To find the value of the limit \(\lim_{x\to 0} \frac{2f(x) - 3f(2x) + f(4x)}{x^{2}}\), we start by considering a Taylor expansion of \(f(x)\) around \(x = 0\).
The Taylor expansion of a function \(f(x)\) around \(x = 0\) is given by:
\(f(x) = f(0) + f'(0)x + \frac{f''(0)}{2}x^2 + \frac{f'''(0)}{6}x^3 + \cdots\)
- We have \(f''(0) = k\), so our Taylor expansion simplifies, and particularly the second order term is \(\frac{k}{2}x^2\).
- Substitute \(f(x)\), \(f(2x)\), and \(f(4x)\) using their Taylor expansions:
- \(f(x) = f(0) + f'(0)x + \frac{k}{2}x^2 + \cdots\)
- \(f(2x) = f(0) + f'(0)(2x) + \frac{k}{2}(2x)^2 + \cdots = f(0) + 2f'(0)x + 2kx^2 + \cdots\)
- \(f(4x) = f(0) + f'(0)(4x) + \frac{k}{2}(4x)^2 + \cdots = f(0) + 4f'(0)x + 8kx^2 + \cdots\)
- Substitute these expansions into the expression \(2f(x) - 3f(2x) + f(4x)\):
- \(2f(x) = 2(f(0) + f'(0)x + \frac{k}{2}x^2) = 2f(0) + 2f'(0)x + kx^2 + \cdots\)

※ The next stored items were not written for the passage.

// The search: a path grows by one atom after another, in the order of the list.
ghost use Rattle.std.specs.Prelude.{◌≡◌, ◌+◌, ◌-◌, ◌≤◌};
ghost use Rattle.ring.specs.Maxima.{ring_least, ring_most};
ghost use Rattle.paths.specs.Search.{rings_of, rings_up_to};
ghost use Rattle.paths.specs.Turn.{may_follow, Hint};
ghost use Rattle.search.specs.Given.{Given};
ghost use Rattle.search.specs.State.{HasNoted, rings_on};
ghost use Rattle.search.specs.Tallied.{Tallied};

use crate::net::Net;
use crate::path::Path;
use crate::state::{Notes, Search};
use network::Network;
use ring::Ring;

// How many rings are found of each length, and their lengths added up.
#[derive(Drop)]
pub struct Tally {
    pub counts: [u32; Ring::LENGTH + 1],
    pub lengths: usize,
}

// Every ring as far as the limit, shorter ones first.
pub fn each_length(net: Net, limit: usize, notes: &mut Notes) -> Tally
    requires { (ring_least ≤ limit) × (limit ≤ ring_most) }
    ensures noted { let m = net.entry in HasNoted (rings_up_to may_follow m.n m.table.now m.dist.now (limit + 1 - ring_least)) notes.old notes.new }
    ensures same_list { notes.new.list.ghost_name ≡ notes.old.list.ghost_name }
    ensures tallied { let m = net.entry in Tallied m.n m.table.now m.dist.now (limit + 1 - ring_least) notes.new.found result }
{
    let mut counts = [0u32; Ring::LENGTH + 1];
    let mut lengths: usize = 0;
    for k in Ring::LEAST..=limit {
        let before = notes.found.rings;
        from_each(net, k, notes);
        let more = notes.found.rings - before;
        counts[k] = more;
        lengths += k * more as usize;
    }
    Tally { counts, lengths }
}

// Every ring of k atoms, first atoms ascending.
fn from_each(net: Net, k: usize, notes: &mut Notes)
    requires { (ring_least ≤ k) × (k ≤ ring_most) }
    ensures noted { let m = net.entry in HasNoted (rings_of may_follow m.n m.table.now m.dist.now k) notes.old notes.new }
    ensures same_list { notes.new.list.ghost_name ≡ notes.old.list.ghost_name }
{
    for first in 0..net.n {
        let mut path = Path::of(first as u16);
        grow(net, k, &mut path, first + 1, notes);
    }
}

// Every ring that begins with the path, which is lengthened by one atom after another until it is whole.
// Kept: the path beside what stays as it is: as a method of one `&mut Search` that holds both, listing a 7-cube at limit 24 takes 175 ms, and so 145.
fn grow(net: Net, k: usize, path: &mut Path, from: usize, notes: &mut Notes)
    requires given { Given net.n k path.old }
    requires hint { Hint net.n net.dist.now k path.old from }
    ensures kept { path.new ≡ path.old }
    ensures noted { HasNoted (rings_on net.entry k path.old) notes.old notes.new }
    ensures same_list { notes.new.list.ghost_name ≡ notes.old.list.ghost_name }
{
    if notes.found.over {
        return;
    }
    let len = path.len();
    if len == k {
        let search = Search { net, k, path };
        if search.is_ring() {
            notes.note(path.words());
        }
        return;
    }
    let last = path.at(len - 1);
    for place in 0..Network::PLACES {
        let atom = net.word(last, place);
        if net.n <= atom as usize {
            return;
        }
        let search = Search { net, k, path };
        if let Some(next) = search.may_follow(atom as usize, from) {
            path.push(atom);
            grow(net, k, path, next, notes);
            path.cut(len);
        }
    }
}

- \(-3f(2x) = -3(f(0) + 2f'(0)x + 2kx^2) = -3f(0) - 6f'(0)x - 6kx^2 + \cdots\)
- \(f(4x) = f(0) + 4f'(0)x + 8kx^2 + \cdots\)
- Calculate \(2f(x) - 3f(2x) + f(4x)\):
- \(2f(x) - 3f(2x) + f(4x) = [2f(0) - 3f(0) + f(0)] + [2f'(0)x - 6f'(0)x + 4f'(0)x] + [kx^2 - 6kx^2 + 8kx^2]\)
- The constant and linear terms cancel out, leading to \(3kx^2 + \cdots\) as dominant.
- Divide by \(x^2\):
- \(\frac{2f(x) - 3f(2x) + f(4x)}{x^2} = \frac{3kx^2}{x^2} = 3k\)
Hence, the limit simplifies to:
\(\lim_{x \to 0} \frac{2f(x) - 3f(2x) + f(4x)}{x^2} = 3k\)
Therefore, the correct answer is 3k.